▶ TASK MATERIAL:
______________________________

// Orders of workers that are served.
ghost use Rattle.std.specs.Prelude.{◌<◌, None, Some, Ok};
ghost use Rattle.hx_script.specs.Inside.{IsIdle};
ghost use Rattle.hx_script.specs.Running.{Serves};
ghost use Rattle.hx_script.specs.declared.order.Order.{Order};

use crate::turns::{
    say_check, say_drop, say_finish, say_settled, say_take, say_take_key, say_turned,
};
use hx_core::{Cluster, Turn, end_of};
use hx_model::Key;
use hx_ports::{Keeper, Sink, Unwritten};

/// A worker takes a key that waits.
pub fn take<W: Sink, K: Keeper>(
    room: &mut String,
    cluster: &mut Cluster<K>,
    sink: &mut W,
    worker: u32,
) -> Result<(), Unwritten>
    requires worker { 0 < worker }
    requires idle { IsIdle cluster.old }
    ensures serves { Serves (Ok (Order.Take worker None)) cluster.old cluster.new (W.shown sink.old) (W.shown sink.new) result }
    ensures idle { IsIdle cluster.new }
{
    let take = cluster.take(worker);
    let said = say_take(room, sink, worker, &take);
    drop(take);
    said
}

/// A worker takes the key that its line names.
pub fn take_key<W: Sink, K: Keeper>(
    room: &mut String,
    cluster: &mut Cluster<K>,
    sink: &mut W,
    worker: u32,
    key: Key,
) -> Result<(), Unwritten>
    requires worker { 0 < worker }
    requires idle { IsIdle cluster.old }
    ensures serves { Serves (Ok (Order.Take worker (Some key))) cluster.old cluster.new (W.shown sink.old) (W.shown sink.new) result }
    ensures idle { IsIdle cluster.new }
{
    let take = cluster.take_key(worker, key);
    let said = say_take_key(room, sink, worker, &take);
    drop(take);
    said
}

/// A worker finishes what it holds.
pub fn finish<W: Sink, K: Keeper>(
    room: &mut String,
    cluster: &mut Cluster<K>,
    sink: &mut W,
    worker: u32,
) -> Result<(), Unwritten>
    requires { IsIdle cluster.old }
    ensures serves { Serves (Ok (Order.Finish worker)) cluster.old cluster.new (W.shown sink.old) (W.shown sink.new) result }
    ensures idle { IsIdle cluster.new }
{
    let end = cluster.complete(worker);
    say_finish(room, sink, worker, end)
}

/// A worker drops what it holds.
pub fn drop_hand<W: Sink, K: Keeper>(
    room: &mut String,
    cluster: &mut Cluster<K>,
    sink: &mut W,
    worker: u32,
) -> Result<(), Unwritten>
    requires { IsIdle cluster.old }
    ensures serves { Serves (Ok (Order.Drop worker)) cluster.old cluster.new (W.shown sink.old) (W.shown sink.new) result }
    ensures idle { IsIdle cluster.new }
{
    let dropped = cluster.drop_hand(worker);
    let said = say_drop(room, sink, worker, &dropped);
    drop(dropped);
    said
}

/// How many keys wait, and how many are held.
pub fn check<W: Sink, K: Keeper>(
    room: &mut String,
    cluster: &mut Cluster<K>,
    sink: &mut W,
) -> Result<(), Unwritten>
    requires { IsIdle cluster.old }
    ensures serves { Serves (Ok Order.Check) cluster.old cluster.new (W.shown sink.old) (W.shown sink.new) result }
    ensures idle { IsIdle cluster.new }
{
    let (waiting, held) = cluster.busy();
    say_check(room, sink, waiting, held)
}

/// Worker 0 takes, plans and finishes, at most so many times. The lines of a turn are written before the next one is made.
pub fn settle<W: Sink, K: Keeper>(
    room: &mut String,
    cluster: &mut Cluster<K>,
    sink: &mut W,
    turns: u64,
) -> Result<(), Unwritten>
    requires { IsIdle cluster.old }
    ensures serves { Serves (Ok (Order.Settle turns)) cluster.old cluster.new (W.shown sink.old) (W.shown sink.new) result }
    ensures idle { IsIdle cluster.new }
{
    cluster.law_of_worlds();
    for _made in 0..turns {
        match cluster.turn() {
            Turn::Made(turned) => {
                let end = end_of(turned.end);
                let said = say_turned(room, sink, &turned);
                drop(turned);
                said?;
                if let Some(end) = end {
                    return say_settled(room, sink, end);
                }
            }
            Turn::Over(end) => return say_settled(room, sink, end),
        }
    }
    let end = cluster.rest();
    say_settled(room, sink, end)
}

______________________________

▶ PROBLEM REQUIREMENTS: Whenever a line of the records holds the string "many", pick it out and copy it.

▶ RESULT OF THE EXERCISE:
/// How many keys wait, and how many are held.
/// Worker 0 takes, plans and finishes, at most so many times. The lines of a turn are written before the next one is made.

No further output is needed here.